(* Title: HOL/NumberTheory/Chinese.thy
ID: $Id: Chinese.thy,v 1.8 2004/01/12 15:51:49 paulson Exp $
Author: Thomas M. Rasmussen
Copyright 2000 University of Cambridge
*)
header {* The Chinese Remainder Theorem *}
theory Chinese = IntPrimes:
text {*
The Chinese Remainder Theorem for an arbitrary finite number of
equations. (The one-equation case is included in theory @{text
IntPrimes}. Uses functions for indexing.\footnote{Maybe @{term
funprod} and @{term funsum} should be based on general @{term fold}
on indices?}
*}
subsection {* Definitions *}
consts
funprod :: "(nat => int) => nat => nat => int"
funsum :: "(nat => int) => nat => nat => int"
primrec
"funprod f i 0 = f i"
"funprod f i (Suc n) = f (Suc (i + n)) * funprod f i n"
primrec
"funsum f i 0 = f i"
"funsum f i (Suc n) = f (Suc (i + n)) + funsum f i n"
consts
m_cond :: "nat => (nat => int) => bool"
km_cond :: "nat => (nat => int) => (nat => int) => bool"
lincong_sol ::
"nat => (nat => int) => (nat => int) => (nat => int) => int => bool"
mhf :: "(nat => int) => nat => nat => int"
xilin_sol ::
"nat => nat => (nat => int) => (nat => int) => (nat => int) => int"
x_sol :: "nat => (nat => int) => (nat => int) => (nat => int) => int"
defs
m_cond_def:
"m_cond n mf ==
(∀i. i ≤ n --> 0 < mf i) ∧
(∀i j. i ≤ n ∧ j ≤ n ∧ i ≠ j --> zgcd (mf i, mf j) = 1)"
km_cond_def:
"km_cond n kf mf == ∀i. i ≤ n --> zgcd (kf i, mf i) = 1"
lincong_sol_def:
"lincong_sol n kf bf mf x == ∀i. i ≤ n --> zcong (kf i * x) (bf i) (mf i)"
mhf_def:
"mhf mf n i ==
if i = 0 then funprod mf (Suc 0) (n - Suc 0)
else if i = n then funprod mf 0 (n - Suc 0)
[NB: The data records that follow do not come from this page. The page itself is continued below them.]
/// Behind directives: another, or `---`.
fn behind_directives<'input>(
    state: &mut ParserState<'input>,
    fault: &mut Option<ScanError>,
    alloc: Global,
    options: &Options,
    token: &mut Token<'input>,
    version: Option<YamlVersion>,
) -> Result<(), Refused>
    requires outer { state.old.frames ≡ [] }
    ensures leaves { LeavesIfRoom (answered fault.new result) state.new
        (steps.behind_directives (options_of options.now)
        (machine_token token.old).lexeme.kind (machine_token token.old) (option_map plain_version version) state.old) }
    ensures by_fault { RefusesByFault (answered fault.new result)
        (steps.behind_directives (options_of options.now)
        (machine_token token.old).lexeme.kind (machine_token token.old) (option_map plain_version version) state.old) }
    ensures kept { is_directive (kind_view token.old.lexeme.value.kind) ≡ false → state.new.kept ≡ state.old.kept }
    ensures refused { KeepsIfRefused (answered fault.new result) state.old state.new }
    ensures eventless { keeps_text (kind_view token.old.lexeme.value.kind) ≡ false
        → StepWantsToGive (answered fault.new result) state.old
        (steps.behind_directives (options_of options.now) (machine_token token.old).lexeme.kind
        (machine_token token.old) (option_map plain_version version) state.old) }
{
    match mem::replace(&mut token.lexeme.kind, LexemeKind::Comma) {
        LexemeKind::Version(major, minor) => with_version(
            state, fault, major, minor, token, version,
        ),
        LexemeKind::TagPrefix(handle, prefix) => {
            with_handle(state, fault, alloc, options, handle, prefix, token, version)
        }
        LexemeKind::Reserved(_, _) => {
            state.set_stage(DocumentStage::Directives(version));
            Ok(())
        }
        LexemeKind::DocumentStart => open_document(state, fault, token, version),
        _ => Err(no_start(fault, token)),
    }
}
else funprod mf 0 (i - Suc 0) * funprod mf (Suc i) (n - Suc 0 - i)"
xilin_sol_def:
"xilin_sol i n kf bf mf ==
if 0 < n ∧ i ≤ n ∧ m_cond n mf ∧ km_cond n kf mf then
(SOME x. 0 ≤ x ∧ x < mf i ∧ zcong (kf i * mhf mf n i * x) (bf i) (mf i))
else 0"
x_sol_def:
"x_sol n kf bf mf == funsum (λi. xilin_sol i n kf bf mf * mhf mf n i) 0 n"
text {* \medskip @{term funprod} and @{term funsum} *}
lemma funprod_pos: "(∀i. i ≤ n --> 0 < mf i) ==> 0 < funprod mf 0 n"
apply (induct n)
apply auto
apply (simp add: zero_less_mult_iff)
done
lemma funprod_zgcd [rule_format (no_asm)]:
"(∀i. k ≤ i ∧ i ≤ k + l --> zgcd (mf i, mf m) = 1) -->
zgcd (funprod mf k l, mf m) = 1"
apply (induct l)
apply simp_all
apply (rule impI)+
apply (subst zgcd_zmult_cancel)
apply auto
done
lemma funprod_zdvd [rule_format]:
"k ≤ i --> i ≤ k + l --> mf i dvd funprod mf k l"
apply (induct l)
apply auto
apply (rule_tac [2] zdvd_zmult2)
apply (rule_tac [3] zdvd_zmult)
apply (subgoal_tac "i = k")
apply (subgoal_tac [3] "i = Suc (k + n)")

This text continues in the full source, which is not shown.